Useful attestation commands include:

```bash
carbide-admin-cli -c <core-api-url> attestation measured-boot machine show <machine-id>
carbide-admin-cli -c <core-api-url> att mb machine show <machine-id>
```

## Return-to-Pool Checklist

A released host is ready for reuse when all required gates pass:

- The prior instance is released and no longer active.
- Tenant VPC prefix segments and DPU loopback IP allocations are released.
- DPU and DPA networking have returned to the admin network.
- Extension services from the prior tenant have terminated.
- Scout cleanup has completed.
- NVMe and HDD/SAS cleanup have succeeded, or an approved exception exists.
- The memory-overwrite check has passed, and any required manual
volatile-memory procedure is complete.
- InfiniBand cleanup has completed and blocking cleanup health reports are
clear.
- TPM, BIOS/UEFI, lockdown, and firmware checks satisfy site policy.
- Measured boot or attestation checks satisfy site policy.
- Inventory validation has completed.
- The managed host is in `Ready`.
- No blocking health report prevents allocation.

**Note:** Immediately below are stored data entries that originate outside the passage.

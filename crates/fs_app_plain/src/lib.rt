//! A test file in a wider form than the reader's, written in the reader's: with loops in one turn, a `filter`, or accesses
//! of 64 bits. What is made is a text that is read as any other one; contracts don't see how it is made. And laws of tests
//! in these forms, as functions that do nothing: each stands for the laws that it promises.
#![tactic(auto)]

mod guard;
mod lexemes;
mod loop_laws;
mod loops;
mod ordered;
mod plain;
mod restore;
mod sheet;
mod turns;
mod width;
mod width_laws;
mod words;

pub use loop_laws::{
    idle_turns_can_be_left_out, one_turn_is_enough, plain_means_one_turn, waiting_is_idle,
};
pub use ordered::with_ordered;
pub use plain::{Forms, Plain, Unplain, in_file, plain_form};
pub use turns::{Doubt, OneTurn};
pub use width::{widened, widened_words};
pub use width_laws::wide_executions_are_extended;
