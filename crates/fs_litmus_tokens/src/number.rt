//! Numbers.

ghost use Rattle.std.specs.Prelude.{◌≡◌, ◌≤◌};
ghost use Rattle.fs_litmus_tokens.specs.Numbers.{begins_with_plus, numeral, number_of};

fn begins_with_plus(digits: &str) -> bool
    ensures { result ≡ begins_with_plus digits.now }
{
    match digits.as_bytes().first() {
        Some(byte) => *byte == b'+',
        None => false,
    }
}

fn numeral(radix: u32, digits: &str) -> Option<u32>
    requires low { 2 ≤ radix }
    requires high { radix ≤ 36 }
    ensures { result ≡ numeral radix digits.now }
{
    if begins_with_plus(digits) {
        return None;
    }
    u32::from_str_radix(digits, radix).ok()
}

/// The number that a word of decimal digits, or of `0x` and hexadecimal digits, writes; nothing for any other word, and
/// for a number past 2^32 - 1. Linear in the word.
#[tactic(auto, unfolding(crate::specs::Numbers::number_of))]
pub fn number_of(word: &str) -> Option<u32>
    ensures { result ≡ number_of word.now }
{
    match word.strip_prefix("0x") {
        Some(digits) => numeral(16, digits),
        None => numeral(10, word),
    }
}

## Troubleshooting Stuck Cleanup

Use the current managed-host state to choose the next check.

Start with the REST lifecycle:

```bash
nicocli instance status-history <instance-id>
nicocli instance list --status error --output table
```

If the REST lifecycle does not explain the stall, inspect the Core cleanup
state:

```bash
carbide-admin-cli -c <core-api-url> managed-host show <machine-id>
carbide-admin-cli -c <core-api-url> machine health-report show <machine-id>
```

| State | What it means | Checks |
|---|---|---|
| `Assigned/BootingWithDiscoveryImage` | The host is rebooting into the discovery image. | Check BMC reachability, host power state, boot order, and repeated reboot metrics. |
| `Assigned/SwitchToAdminNetwork` | NICo is moving the host out of tenant networking. | Check DPU agent status, DPA status, and admin-network config generation. |
| `Assigned/WaitingForNetworkReconfig` | NICo is waiting for network configuration to converge. | Check DPU sync, DPA sync, extension-service termination, and cleanup-related health reports. |
| `PostAssignedMeasuring/WaitingForMeasurements` | Attestation is enabled and NICo is waiting for measurements. | Check measured boot machine state, trusted profile or bundle status, and site policy for permissive mode. |
| `WaitingForCleanup/SecureEraseBoss` | NICo is decommissioning Dell BOSS storage. | Check iDRAC lockdown state, Redfish job status, and BOSS controller reachability. |
| `WaitingForCleanup/HostCleanup` | NICo is waiting for Scout cleanup completion. | Check Scout logs, cleanup report submission, NVMe/HDD cleanup, memory-overwrite result, and InfiniBand cleanup result. |
| `WaitingForCleanup/CreateBossVolume` | NICo is recreating the Dell BOSS virtual disk. | Check Redfish job status and confirm the recreated volume is `VD_0`. |
| `BomValidating/UpdatingInventory` | Cleanup completed and NICo is validating inventory. | Check BMC reachability, inventory collection, firmware update status, and blocking health reports. |
| `Failed` with `NVMECleanFailed` | Storage cleanup failed. | Keep the host out of allocation, inspect the cleanup error message, remediate the storage issue, and rerun the approved cleanup recovery path. |

For log review, start with the NICo API or state-controller logs, Scout cleanup
logs, DPU agent logs, hardware-health logs, and Redfish job status from the BMC.

## Manual Procedures

Some environments require additional manual assurance before a host is reused.
Apply these only when required by site policy:

- Full AC drain for volatile-memory handling.
- Firmware bundle reflash.
- Manual TPM clear if automated platform cleanup is unavailable.
- Manual firmware remediation when a host or DPU does not match the configured
site default.

Record the completed procedure, the target machine ID, the reason, the operator,
and the evidence used to approve return to allocation.